TILL DEATH DO US PART, ANOTHER WAY TO USE THIS HERMENEUTIC: DECLARE THE SACRAMENT DEAD DUE TO CORRUPTION!
UP IN SMOKE AND IRREVOCABLY DIVIDED!
Can a valid Sacrament die? As far as I know, although our sins and outright rejection of what our Lord does for us in all of the Sacraments can be corrupted, those who are validly baptized and Confirmed as Catholics are always Catholics even though they might renounce their Catholicism. In such a case the Sacrament is corrupted but not made null and void. The same thing is true of valid ordination to Holy Orders and the Sacrament of Holy Matrimony.
But it is not true of the Most Blessed Sacrament--the on-going Real and Substantial Presence of Christ under the form of bread and wine. If the outward accidents of the valid Sacrament become corrupted and no longer resemble bread or wine, the Sacrament ceases in those elements, in other words corruption leads to the the death of those elements conveying the reality of the Substance of the Real Presence of Christ.
Currently, a little ole footnote in Amoris Laetitia, an otherwise wonderful document of marriage and the family (but who would know that as the footnote consumes commentaries) gives into the current ideology in many cultures that the individual takes precedence over the common good.
Thus a person in a valid sacramental marriage that has ended in a civil divorce (or is that even necessary?) lives with another person to whom they have no sacramental marriage but nonetheless engage in the marital act. If this person can justify their situation in their own conscience, it appear Amoris Laetitia allows for this fierce individualism rather than the common good of upholding sacramental marriages which because of sin have become corrupted by the infidelity of the Catholic breaking his marital vows with someone who is not their sacramental spouse.

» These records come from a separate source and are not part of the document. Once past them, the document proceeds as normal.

//! A record's bytes, added to the log.
ghost use Rattle.std.specs.Prelude.{◌≡◌, ◌<◌, ◌≤◌, ◌+◌, ◌++◌, ◌∷◌, ◌^◌, ℕ, List, length, IsTrue};
ghost use Rattle.std.specs.Prelude.{OnOk, OnErr, IfSome, None};
ghost use Rattle.vr_types.specs.Faults.{HasWriteCause};
ghost use Rattle.vr_types.specs.Fields.{four, two};
ghost use Rattle.vr_log.specs.Live.{live_after};
ghost use Rattle.vr_log.specs.LogNow.{LogNow};
ghost use Rattle.vr_log.specs.Memory.{IsTail};
ghost use Rattle.vr_types.specs.declared.geometry.Geometry.{Geometry};
ghost use Rattle.vr_log.specs.Records.{HasLengths, HasFields, IsUnit, record_bytes, unit_bytes};
ghost use Rattle.vr_log.specs.Records.{end_number, old_bytes};
ghost use Rattle.vr_log.specs.Writing.{IsSafe, IsSound, IsPassedBy, position, HasRoom, IsReady};
ghost use Rattle.vr_log.specs.Writing.{IsPrefix, IsWriting, IsKeptBy, Follows, Ends};

use crate::live::Live;
use crate::record::{EndKind, LogRecord};
use crate::tail::Tail;
use vr_types::{Blocks, Bytes, DeviceFault, PartNo, Unit};

/// Adds a record, and puts each block that its bytes fall into.
fn write_record<B: Blocks>(
    tail: &mut Tail,
    blocks: &mut B,
    rec: &LogRecord,
) -> Result<(), DeviceFault>
    requires safe { IsSafe tail.old (B.seen blocks.old) }
    requires ready { IsReady tail.old }
    requires lengths { HasLengths rec.now }
    requires room { HasRoom tail.old (length (record_bytes rec.now)) }
    ensures fields { HasFields rec.now }
    ensures safe { OnOk result (IsSafe tail.new (B.seen blocks.new)) }
    ensures ready { OnOk result (IsReady tail.new) }
    ensures position { OnOk result (position tail.new
        ≡ position tail.old + length (record_bytes rec.now)) }
    ensures same { IsKeptBy tail.old tail.new }
    ensures writing { (log : LogNow) (total written : List ℕ)
        → IsWriting log total written tail.old B.tells (B.seen blocks.old)
        → IsPrefix (written ++ record_bytes rec.now) total → Follows B.tells log total
        (written ++ record_bytes rec.now) tail.new (B.seen blocks.old) (B.seen blocks.new) result }
    ensures cause { HasWriteCause (B.faults blocks.old) (B.faults blocks.new) result }
{
    match rec {
        LogRecord::Before {
            unit,
            part,
            place,
            old,
        } => {
            let place = place.as_slice();
            let head = before_head(*unit, *part, place.len() as u16);
            add_both(tail, blocks, &head, place)?;
            write_old(tail, blocks, old)
        }
        LogRecord::End { unit, kind } => tail.add(blocks, &end_bytes(*unit, *kind)),
    }
}

/// Adds a record, and puts every block that its bytes fall into.
pub(crate) fn put_record<B: Blocks>(
    tail: &mut Tail,
    blocks: &mut B,
    rec: &LogRecord,
) -> Result<(), DeviceFault>
    requires safe { IsSafe tail.old (B.seen blocks.old) }
    requires ready { IsReady tail.old }
    requires lengths { HasLengths rec.now }
    requires room { HasRoom tail.old (length (record_bytes rec.now)) }
    ensures fields { HasFields rec.now }
    ensures ready { OnOk result (IsReady tail.new) }
    ensures same { IsKeptBy tail.old tail.new }
    ensures ending { (log : LogNow) (total written : List ℕ)
        → IsWriting log total written tail.old B.tells (B.seen blocks.old)
        → written ++ record_bytes rec.now ≡ total
        → Ends B.tells log total tail.new (B.seen blocks.old) (B.seen blocks.new) result }
    ensures cause { HasWriteCause (B.faults blocks.old) (B.faults blocks.new) result }
{
    write_record(tail, blocks, rec)?;
    tail.finish(blocks)?;
    Ok(())
}

/// Adds what was at the place of a before-image.
fn write_old<B: Blocks>(
    tail: &mut Tail,
    blocks: &mut B,
    old: &Option<Bytes>,
) -> Result<(), DeviceFault>
    requires safe { IsSafe tail.old (B.seen blocks.old) }
    requires ready { IsReady tail.old }
    requires lengths { IfSome old.now (λ bytes. length bytes < 2 ^ 32) }
    requires room { HasRoom tail.old (length (old_bytes old.now)) }
    ensures safe { OnOk result (IsSafe tail.new (B.seen blocks.new)) }
    ensures ready { OnOk result (IsReady tail.new) }
    ensures position { OnOk result (position tail.new
        ≡ position tail.old + length (old_bytes old.now)) }
    ensures same { IsKeptBy tail.old tail.new }
    ensures writing { (log : LogNow) (total written : List ℕ)
        → IsWriting log total written tail.old B.tells (B.seen blocks.old)
        → IsPrefix (written ++ old_bytes old.now) total → Follows B.tells log total
        (written ++ old_bytes old.now) tail.new (B.seen blocks.old) (B.seen blocks.new) result }
    ensures cause { HasWriteCause (B.faults blocks.old) (B.faults blocks.new) result }
{
    match old {
        None => {
            let none = none_bytes();
            tail.add(blocks, &none)
        }
        Some(bytes) => {
            let bytes = bytes.as_slice();
            add_both(tail, blocks, &old_head(bytes.len() as u32), bytes)
        }
    }
}

/// Adds bytes, and then others.
fn add_both<B: Blocks>(
    tail: &mut Tail,
    blocks: &mut B,
    first: &[u8],
    second: &[u8],
) -> Result<(), DeviceFault>
    requires safe { IsSafe tail.old (B.seen blocks.old) }
    requires ready { IsReady tail.old }
    requires room { HasRoom tail.old (length (first.now ++ second.now)) }
    ensures safe { OnOk result (IsSafe tail.new (B.seen blocks.new)) }
    ensures ready { OnOk result (IsReady tail.new) }
    ensures position { OnOk result (position tail.new
        ≡ position tail.old + length (first.now ++ second.now)) }
    ensures same { IsKeptBy tail.old tail.new }
    ensures writing { (log : LogNow) (total written : List ℕ)
        → IsWriting log total written tail.old B.tells (B.seen blocks.old)
        → IsPrefix (written ++ (first.now ++ second.now)) total → Follows B.tells log total
        (written ++ (first.now ++ second.now)) tail.new (B.seen blocks.old)
        (B.seen blocks.new) result }
    ensures cause { HasWriteCause (B.faults blocks.old) (B.faults blocks.new) result }
{
    tail.add(blocks, first)?;
    tail.add(blocks, second)
}

/// Passes over a record that stands on the blocks.
pub(crate) fn pass_record(tail: &mut Tail, rec: &LogRecord)
    requires sound { IsSound tail.old }
    requires ready { IsReady tail.old }
    requires lengths { HasLengths rec.now }
    requires room { HasRoom tail.old (length (record_bytes rec.now)) }
    ensures sound { IsSound tail.new }
    ensures ready { IsReady tail.new }
    ensures position { position tail.new ≡ position tail.old + length (record_bytes rec.now) }
    ensures same { IsPassedBy tail.old tail.new }
    ensures passed { (geometry : Geometry) (written : List ℕ) → IsTail geometry written tail.old
        → IsTail geometry (written ++ record_bytes rec.now) tail.new }
{
    match rec {
        LogRecord::Before {
            unit,
            part,
            place,
            old,
        } => {
            let place = place.as_slice();
            let head = before_head(*unit, *part, place.len() as u16);
            pass_both(tail, &head, place);
            pass_old(tail, old);
        }
        LogRecord::End { unit, kind } => tail.pass(&end_bytes(*unit, *kind)),
    }
}

/// Passes over what was at the place of a before-image.
fn pass_old(tail: &mut Tail, old: &Option<Bytes>)
    requires sound { IsSound tail.old }
    requires ready { IsReady tail.old }
    requires lengths { IfSome old.now (λ bytes. length bytes < 2 ^ 32) }
    requires room { HasRoom tail.old (length (old_bytes old.now)) }
    ensures sound { IsSound tail.new }
    ensures ready { IsReady tail.new }
    ensures position { position tail.new ≡ position tail.old + length (old_bytes old.now) }
    ensures same { IsPassedBy tail.old tail.new }
    ensures passed { (geometry : Geometry) (written : List ℕ) → IsTail geometry written tail.old
        → IsTail geometry (written ++ old_bytes old.now) tail.new }
{
    match old {
        None => {
            let none = none_bytes();
            tail.pass(&none);
        }
        Some(bytes) => {
            let bytes = bytes.as_slice();
            pass_both(tail, &old_head(bytes.len() as u32), bytes);
        }
    }
}

/// Passes over bytes, and then over others.
fn pass_both(tail: &mut Tail, first: &[u8], second: &[u8])
    requires sound { IsSound tail.old }
    requires ready { IsReady tail.old }
    requires room { HasRoom tail.old (length (first.now ++ second.now)) }
    ensures sound { IsSound tail.new }
    ensures ready { IsReady tail.new }
    ensures position { position tail.new ≡ position tail.old + length (first.now ++ second.now) }
    ensures same { IsPassedBy tail.old tail.new }
    ensures passed { (geometry : Geometry) (written : List ℕ) → IsTail geometry written tail.old
        → IsTail geometry (written ++ (first.now ++ second.now)) tail.new }
{
    tail.pass(first);
    tail.pass(second);
}

/// The bytes of a before-image before its place.

fn before_head(unit: Unit, part: PartNo, length: u16) -> [u8; 15]
    ensures bytes { result ≡ 1 ∷ unit_bytes unit ++ four part.0 ++ two length }
    ensures unit { IsUnit unit }
    ensures part { part.0 < 4294967296 }
{
    let [a, b, c, d] = unit.deck.to_be_bytes();
    let [e, f, g, h] = unit.number.to_be_bytes();
    let [i, j, k, l] = part.0.to_be_bytes();
    let [m, n] = length.to_be_bytes();
    [1, a, b, c, d, e, f, g, h, i, j, k, l, m, n]
}

/// The bytes of an end record.
fn end_bytes(unit: Unit, kind: EndKind) -> [u8; 9]
    ensures bytes { result ≡ end_number kind ∷ unit_bytes unit }
    ensures unit { IsUnit unit }
{
    let number = number_of(kind);
    let [a, b, c, d] = unit.deck.to_be_bytes();
    let [e, f, g, h] = unit.number.to_be_bytes();
    [number, a, b, c, d, e, f, g, h]
}

/// The number of an end record.
fn number_of(kind: EndKind) -> u8
    ensures { result ≡ end_number kind }
{
    match kind {
        EndKind::Committed => 2,
        EndKind::BackedOut => 3,
    }
}

/// The bytes where there was no record.
#[tactic(auto, unfolding(crate::specs::Records::old_bytes))]
fn none_bytes() -> [u8; 5]
    ensures { result ≡ old_bytes None }
{
    [0; 5]
}

/// The bytes before an old record.
fn old_head(length: u32) -> [u8; 5]
    ensures { result ≡ 1 ∷ four length }
{
    let [a, b, c, d] = length.to_be_bytes();
    [1, a, b, c, d]
}

/// The bytes that a record takes.
pub(crate) fn record_length(rec: &LogRecord) -> u64
    requires { HasLengths rec.now }
    ensures value { result ≡ length (record_bytes rec.now) }
    ensures most { result < 4294967296 + 65556 }
{
    match rec {
        LogRecord::Before { place, old, .. } => {
            let place = place.as_slice();
            20 + place.len() as u64 + old_length(old)
        }
        LogRecord::End { .. } => 9,
    }
}

/// The bytes of an old record.
fn old_length(old: &Option<Bytes>) -> u64
    requires { IfSome old.now (λ bytes. length bytes < 2 ^ 32) }
    ensures value { result + 5 ≡ length (old_bytes old.now) }
    ensures most { result < 4294967296 }
{
    match old {
        None => 0,
        Some(bytes) => bytes.len() as u64,
    }
}

/// The live units after a record.
#[tactic(auto, unfolding(crate::specs::Live::live_after))]
pub(crate) fn note_unit(live: &mut Live, rec: &LogRecord)
    requires { length live.old.units < live.old.room }
    ensures units { live.new.units ≡ live_after live.old.units rec.now }
    ensures room { live.new.room ≡ live.old.room }
{
    match rec {
        LogRecord::Before { unit, .. } => {
            if !live.has(*unit) {
                live.add(*unit);
            }
        }
        LogRecord::End { unit, .. } => live.remove(*unit),
    }
}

The common good of the Sacrament of Matrimony is preserved in the external form of the Annulment procedure, which allows the Church for good cause and based on objective evidence to declare what was presumed to be a sacrament as never having been one. Thus the Catholic could enter another marriage in the Church or have an adulterous union validated in the Church.
But Amoris Laetitia undoes this solemn tradition by allowing an individual to make a decision of conscience. But the Church cannot endorse the conscience of that person by blessing their adulterous union. But the Church, it appears, is allowing a public sinner to receive Holy Communion without ending the adultery (as well as the other sacraments of the Church, but excluding Holy Matrimony which is illogical given the false logic of Amoris Laetitia).
But what if the Church was involved in the process and had a canonical procedure to declare a marriage dead, not null and void, but spiritually dead because of corruption that had rendered it dead like the bread and wine of Holy Communion which no longer resembles bread and wine due to the corruption of the accidents?
Can a sacrament die? Yes in some cases as in the case of Holy Communion. Extend it to Holy Matrimony and Holy Orders and allow a person in an illicit adulterous situation to have that union blessed as a Sacrament once the Church's canonical process declares their previous marriage dead!
This removes it from the flawed conscience of fierce individualism and brings back the ecclesial dimension of the decision which leads to the validation of what was once considered objectively adulterous.